Items from a data source
+---+

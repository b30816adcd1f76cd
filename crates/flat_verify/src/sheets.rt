//! Functions before their facts are known, and the numbers of the facts that are asked.
ghost use Rattle.std.specs.Prelude.{◌≡◌, ◌+◌, ◌*◌, ◌<◌, map, length, IfOk, IfSome};
ghost use Rattle.flat_verify.specs.Views.{fact_of, source_of};
ghost use Rattle.flat_verify.specs.SheetViews.{range_of, sheet_of};
ghost use Rattle.flat_verify.specs.Sheets.{width, range_number, fact_number, fact_at, cell, fact_cell, source_cell};

use crate::facts::{Fact, Link, Source};
use std::alloc::{AllocError, AllocFailed};

/// Memory ran out, or a number of the table does not fit a word of the machine that runs this.
#[derive(Drop)]
pub struct NoMemory;

impl From<AllocError> for NoMemory {
    ghost from_gives = { λ _ e. e ≡ e };

    fn from(_e: AllocError) -> NoMemory {
        NoMemory
    }
}

impl<T: Drop> From<AllocFailed<T>> for NoMemory {
    ghost use Rattle.std.specs.Prelude.{◌≡◌};

    ghost from_gives = { λ _ e. e ≡ e };

    fn from(_e: AllocFailed<T>) -> NoMemory {
        NoMemory
    }
}

/// A range whose span is asked for: the values of its first byte, and of the number of its bytes.
#[derive(Clone, Copy)]
pub struct Range {
    pub pointer: u32,
    pub count: u32,
}

/// A function before its facts are known.
#[derive(Drop)]
pub struct Sheet {
    pub values: u32,
    pub params: u32,
    /// How many places have facts, and the first number of the first.
    pub places: usize,
    pub base: usize,
    pub ranges: Vec<Range>,
    pub links: Vec<Link>,
}

pub(crate) fn sum(a: usize, b: usize) -> Result<usize, NoMemory>
    ensures { IfOk result (λ n. n ≡ a + b) }
{
    match a.checked_add(b) {
        Some(n) => Ok(n),
        None => Err(NoMemory),
    }
}

pub(crate) fn product(a: usize, b: usize) -> Result<usize, NoMemory>
    ensures { IfOk result (λ n. n ≡ a * b) }
{
    match a.checked_mul(b) {
        Some(n) => Ok(n),
        None => Err(NoMemory),
    }
}

// The number of the first range with these values.
pub(crate) fn range_number(ranges: &[Range], pointer: u32, count: u32) -> Option<usize>
    ensures number { result ≡ range_number (map range_of ranges.now) pointer count }
    ensures below { IfSome result (λ i. i < length ranges.now) }
{
    for i in 0..ranges.len() {
        let range = ranges[i];
        if pointer == range.pointer && count == range.count {
            return Some(i);
        }
    }
    None
}

impl Sheet {
    /// How many facts are asked at a place.
    pub(crate) fn width(&self) -> usize
        ensures { result ≡ width (sheet_of self.now) }
    {
        2 * (self.values as usize) + self.ranges.len()
    }

    /// The number of a fact among those that are asked, if it is one of them.
    pub(crate) fn fact_number(&self, fact: Fact) -> Option<usize>
        ensures { result ≡ fact_number (sheet_of self.now) (fact_of fact) }
    {
        match fact {
            Fact::Clean(v) => {
                if v < self.values {
                    Some(v as usize)
                } else {
                    None
                }
            }
            Fact::Own(v) => {
                if v < self.values {
                    Some(self.values as usize + v as usize)
                } else {
                    None
                }
            }
            Fact::Spanned(a, n) => {
                if a < self.values && n < self.values {
                    match range_number(&self.ranges, a, n) {
                        Some(i) => Some(2 * (self.values as usize) + i),
                        None => None,
                    }
                } else {
                    None
                }
            }
        }
    }

    /// The fact of a number.
    pub(crate) fn fact_at(&self, k: usize) -> Fact
        requires { k < width (sheet_of self.now) }
        ensures { fact_of result ≡ fact_at (sheet_of self.now) k }
    {
        let values = self.values as usize;
        if k < values {
            return Fact::Clean(k as u32);
        }
        if k < 2 * values {
            return Fact::Own((k - values) as u32);
        }
        let range = self.ranges[k - 2 * values];
        Fact::Spanned(range.pointer, range.count)
    }

    /// The number of a fact at a place, by its number there.
    pub(crate) fn cell(&self, place: u32, k: usize) -> Result<usize, NoMemory>
        ensures { IfOk result (λ n. n ≡ cell (sheet_of self.now) place k) }
    {
        let row = product(place as usize, self.width())?;
        let start = sum(self.base, row)?;
        sum(start, k)
    }

    /// The number of a fact at a place, if it is asked there.
    pub(crate) fn fact_cell(&self, place: u32, fact: Fact) -> Result<Option<usize>, NoMemory>
        ensures { IfOk result (λ o. o ≡ fact_cell (sheet_of self.now) place (fact_of fact)) }
    {
        if (place as usize) < self.places {
            match self.fact_number(fact) {
                Some(k) => {
                    let n = self.cell(place, k)?;
                    Ok(Some(n))
                }
                None => Ok(None),
            }
        } else {
            Ok(None)
        }
    }

    /// What has to be lost so that a fact is lost that comes from the source.
    pub(crate) fn source_cell(
        &self,
        functions: usize,
        place: u32,
        source: Source,
    ) -> Result<Option<usize>, NoMemory>
        ensures { IfOk result (λ o. o ≡ source_cell functions (sheet_of self.now) place (source_of source)) }
    {
        match source {
            Source::Held => Ok(None),
            Source::Gone => Ok(Some(0)),
            Source::From(fact) => self.fact_cell(place, fact),
            Source::FromCall(f) => {
                if (f as usize) < functions {
                    Ok(Some(f as usize + 1))
                } else {
                    Ok(None)
                }
            }
        }
    }
}
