//! What a step is by itself: what it sets and reads, and whether its numbers are in range.
ghost use Rattle.std.specs.Prelude.{◌≡◌, ◌∷◌, [], map, slice_get, IfOk, List};
ghost use Rattle.flat_code.specs.CodeViews.{step_of, function_of};
ghost use Rattle.flat_discipline.specs.Facts.{sets, may_end};
ghost use Rattle.flat_discipline.specs.Breaks.{all_below, is_count, fits, is_plain, address, reads};
ghost use Rattle.flat_discipline.specs.Discipline.{params_in};
ghost use Rattle.flat_verify.specs.Views.{setting_for};
ghost use Rattle.flat_verify.specs.declared.facts.GlobalBlock.{GlobalBlock as Blocks};

use flat_code::code::{FlatFunction, FlatStep};
use std::alloc::{AllocError, Global};

/// The value that the step sets.
#[tactic(auto, using(flat_code::proofs::CodeViewed::flat_views))]
pub(crate) fn sets(step: &FlatStep) -> Option<u32>
    ensures { result ≡ sets (step_of step.now) }
{
    match step {
        FlatStep::Number { to, value: _ } => Some(*to),
        FlatStep::Same { to, from: _ } => Some(*to),
        FlatStep::Arith {
            to,
            op: _,
            left: _,
            right: _,
        } => Some(*to),
        FlatStep::Call {
            to,
            function: _,
            args: _,
        } => Some(*to),
        FlatStep::Slot { to, from: _ } => Some(*to),
        FlatStep::Look { to, slot: _ } => Some(*to),
        FlatStep::FrameAt { to, offset: _ } => Some(*to),
        FlatStep::Load {
            to,
            at: _,
            width: _,
        } => Some(*to),
        FlatStep::Env {
            to,
            call: _,
            a: _,
            b: _,
        } => Some(*to),
        _ => None,
    }
}

/// Whether a block may end in the step.
#[tactic(auto, using(flat_code::proofs::CodeViewed::flat_views))]
pub(crate) fn may_end(step: &FlatStep) -> bool
    ensures { result ≡ may_end (step_of step.now) }
{
    match step {
        FlatStep::Call {
            to: _,
            function: _,
            args: _,
        } => true,
        FlatStep::Env {
            to: _,
            call: _,
            a: _,
            b: _,
        } => true,
        _ => false,
    }
}

/// Whether the step is no construct and may stand outside of sequences.
#[tactic(auto, using(flat_code::proofs::CodeViewed::flat_views))]
pub(crate) fn is_plain(step: &FlatStep) -> bool
    ensures { result ≡ is_plain (step_of step.now) }
{
    match step {
        FlatStep::If {
            cond: _,
            yes: _,
            no: _,
        } => false,
        FlatStep::Block { body: _ } => false,
        FlatStep::Loop { body: _ } => false,
        FlatStep::Inner { body: _ } => false,
        FlatStep::Slot { to: _, from: _ } => false,
        FlatStep::Look { to: _, slot: _ } => false,
        FlatStep::Checked { from: _, to: _ } => false,
        _ => true,
    }
}

/// The value that the step uses as an address.
#[tactic(auto, using(flat_code::proofs::CodeViewed::flat_views))]
pub(crate) fn address(step: &FlatStep) -> Option<u32>
    ensures { result ≡ address (step_of step.now) }
{
    match step {
        FlatStep::Load {
            to: _,
            at,
            width: _,
        } => Some(*at),
        FlatStep::Store {
            at,
            from: _,
            width: _,
        } => Some(*at),
        _ => None,
    }
}

fn none(alloc: Global) -> Result<Vec<u32>, AllocError>
    ensures { IfOk result (λ v. v.items ≡ []) }
{
    Ok(Vec::new(alloc))
}

/// The same values in a `Vec` of their own.
pub(crate) fn copied(alloc: Global, values: &[u32]) -> Result<Vec<u32>, AllocError>
    ensures { IfOk result (λ v. v.items ≡ values.now) }
{
    let mut copy = Vec::new(alloc);
    copy.extend_from_slice(values)?;
    Ok(copy)
}

fn one(alloc: Global, a: u32) -> Result<Vec<u32>, AllocError>
    ensures { IfOk result (λ v. v.items ≡ a ∷ []) }
{
    Ok(vec![in alloc; a]?)
}

fn two(alloc: Global, a: u32, b: u32) -> Result<Vec<u32>, AllocError>
    ensures { IfOk result (λ v. v.items ≡ a ∷ b ∷ []) }
{
    Ok(vec![in alloc; a, b]?)
}

/// The values that the step reads.
#[tactic(auto, using(flat_code::proofs::CodeViewed::flat_views))]
pub(crate) fn reads(alloc: Global, step: &FlatStep) -> Result<Vec<u32>, AllocError>
    ensures { IfOk result (λ v. v.items ≡ reads (step_of step.now)) }
{
    match step {
        FlatStep::Same { to: _, from } => one(alloc, *from),
        FlatStep::Arith {
            to: _,
            op: _,
            left,
            right,
        } => two(alloc, *left, *right),
        FlatStep::If {
            cond,
            yes: _,
            no: _,
        } => one(alloc, *cond),
        FlatStep::Call {
            to: _,
            function: _,
            args,
        } => copied(alloc, args),
        FlatStep::Return { from } => one(alloc, *from),
        FlatStep::Slot { to: _, from } => one(alloc, *from),
        FlatStep::Look { to: _, slot } => one(alloc, *slot),
        FlatStep::Load {
            to: _,
            at,
            width: _,
        } => one(alloc, *at),
        FlatStep::Store { at, from, width: _ } => two(alloc, *at, *from),
        FlatStep::Checked { from, to } => two(alloc, *from, *to),
        FlatStep::Report { kind: _, line } => one(alloc, *line),
        FlatStep::Env {
            to: _,
            call: _,
            a,
            b,
        } => two(alloc, *a, *b),
        FlatStep::Number { to: _, value: _ } => none(alloc),
        FlatStep::Block { body: _ } => none(alloc),
        FlatStep::Loop { body: _ } => none(alloc),
        FlatStep::Inner { body: _ } => none(alloc),
        FlatStep::Exit { levels: _ } => none(alloc),
        FlatStep::FrameAt { to: _, offset: _ } => none(alloc),
        FlatStep::LineMark { line: _ } => none(alloc),
    }
}

fn all_below(n: u32, values: &[u32]) -> bool
    ensures { result ≡ all_below n values.now }
{
    match values {
        [] => true,
        [x, rest @ ..] => *x < n && all_below(n, rest),
    }
}

/// How many parameters a function has, if there is one of that number.
pub(crate) fn params_at(functions: &[FlatFunction], k: u32) -> Option<u32>
    ensures { result ≡ params_in (slice_get (map function_of functions.now) k) }
{
    let k = k as usize;
    if k < functions.len() {
        Some(functions[k].params)
    } else {
        None
    }
}

fn has_params(functions: &[FlatFunction], k: u32, count: usize) -> bool
    ensures { result ≡ is_count (params_in (slice_get (map function_of functions.now) k)) count }
{
    match params_at(functions, k) {
        Some(params) => params as usize == count,
        None => false,
    }
}

/// Whether the numbers of a step are in range, within so many constructs that an Exit can leave.
#[tactic(auto, using(flat_code::proofs::CodeViewed::flat_views))]
pub(crate) fn fits(
    functions: &[FlatFunction],
    function: &FlatFunction,
    levels: u32,
    step: &FlatStep,
) -> bool
    ensures { (globals : List Blocks) → result ≡ fits (setting_for globals functions.now function.now) levels (step_of step.now) }
{
    let n = function.values;
    match step {
        FlatStep::Number { to, value: _ } => *to < n,
        FlatStep::Same { to, from } => *to < n && *from < n,
        FlatStep::Arith {
            to,
            op: _,
            left,
            right,
        } => *to < n && *left < n && *right < n,
        FlatStep::If {
            cond,
            yes: _,
            no: _,
        } => *cond < n,
        FlatStep::Block { body: _ } => true,
        FlatStep::Loop { body: _ } => true,
        FlatStep::Inner { body: _ } => true,
        FlatStep::Exit { levels: most } => 0 < *most && *most <= levels,
        FlatStep::Call {
            to,
            function: callee,
            args,
        } => {
            *to < n
                && all_below(n, args)
                && has_params(functions, *callee, args.len())
                && function.line != 0
        }
        FlatStep::Return { from } => *from < n,
        FlatStep::Slot { to, from } => *to < n && *from < n,
        FlatStep::Look { to, slot } => *to < n && *slot < n,
        FlatStep::FrameAt { to, offset } => *to < n && *offset < function.frame,
        FlatStep::Load { to, at, width: _ } => *to < n && *at < n,
        FlatStep::Store { at, from, width: _ } => *at < n && *from < n,
        FlatStep::Checked { from, to } => *from < n && *to < n,
        FlatStep::LineMark { line } => *line <= 0xF_FFFF,
        FlatStep::Report { kind: _, line } => *line < n,
        FlatStep::Env { to, call, a, b } => *to < n && *a < n && *b < n && 0 < *call && *call < 6,
    }
}
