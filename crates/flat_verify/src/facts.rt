//! What is known of values, what items do to it, and what steps want of it.
use flat_code::recognize::FlatSequence;

/// What may be known of a value, or of two.
#[derive(Clone, Copy)]
pub enum Fact {
    /// It is null, or a block holds the slot that owns it, or has held it.
    Clean(u32),
    /// It was not last set inside a sequence, unless as that sequence's result.
    Own(u32),
    /// The range of so many bytes from a pointer was checked, and no block has ended since.
    Spanned(u32, u32),
}

/// Where a fact after an item comes from.
#[derive(Clone, Copy)]
pub enum Source {
    Held,
    Gone,
    From(Fact),
    FromCall(u32),
}

/// What an item does to facts.
#[derive(Clone, Copy)]
pub enum Effect {
    KeepsFacts,
    /// A value is set: where it comes from that it is untainted, and whether a block may end.
    Sets { to: u32, clean: Source, ends: bool },
    Checks(FlatSequence),
}

/// A way on which facts go.
#[derive(Drop)]
pub enum Link {
    /// From an item to the next.
    Goes {
        effect: Effect,
        from: u32,
        to: u32,
    },
    /// From a call's arguments to the parameters.
    Passes {
        from: u32,
        function: u32,
        args: Vec<u32>,
    },
    /// From a returned value to the results of calls.
    Returns {
        from: u32,
        value: u32,
    },
}

/// The step at `place` wants these facts to be known before the item at `at`, or has numbers that do not fit.
#[derive(Drop)]
pub struct Demand {
    pub place: u32,
    pub at: u32,
    pub fits: bool,
    pub facts: Vec<Fact>,
}

/// A block of the global objects: 2^`exponent` bytes from `base` on.
#[derive(Clone, Copy)]
pub struct GlobalBlock {
    pub base: u32,
    pub exponent: u8,
}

+---+

■ **Task item**
Copy the entries above exactly, but only from the line holding "is asked there." through the line holding "if (place as", both included.

■ **Your solution**
    /// The number of a fact at a place, if it is asked there.
    pub(crate) fn fact_cell(&self, place: u32, fact: Fact) -> Result<Option<usize>, NoMemory>
        ensures { IfOk result (λ o. o ≡ fact_cell (sheet_of self.now) place (fact_of fact)) }
    {
        if (place as usize) < self.places {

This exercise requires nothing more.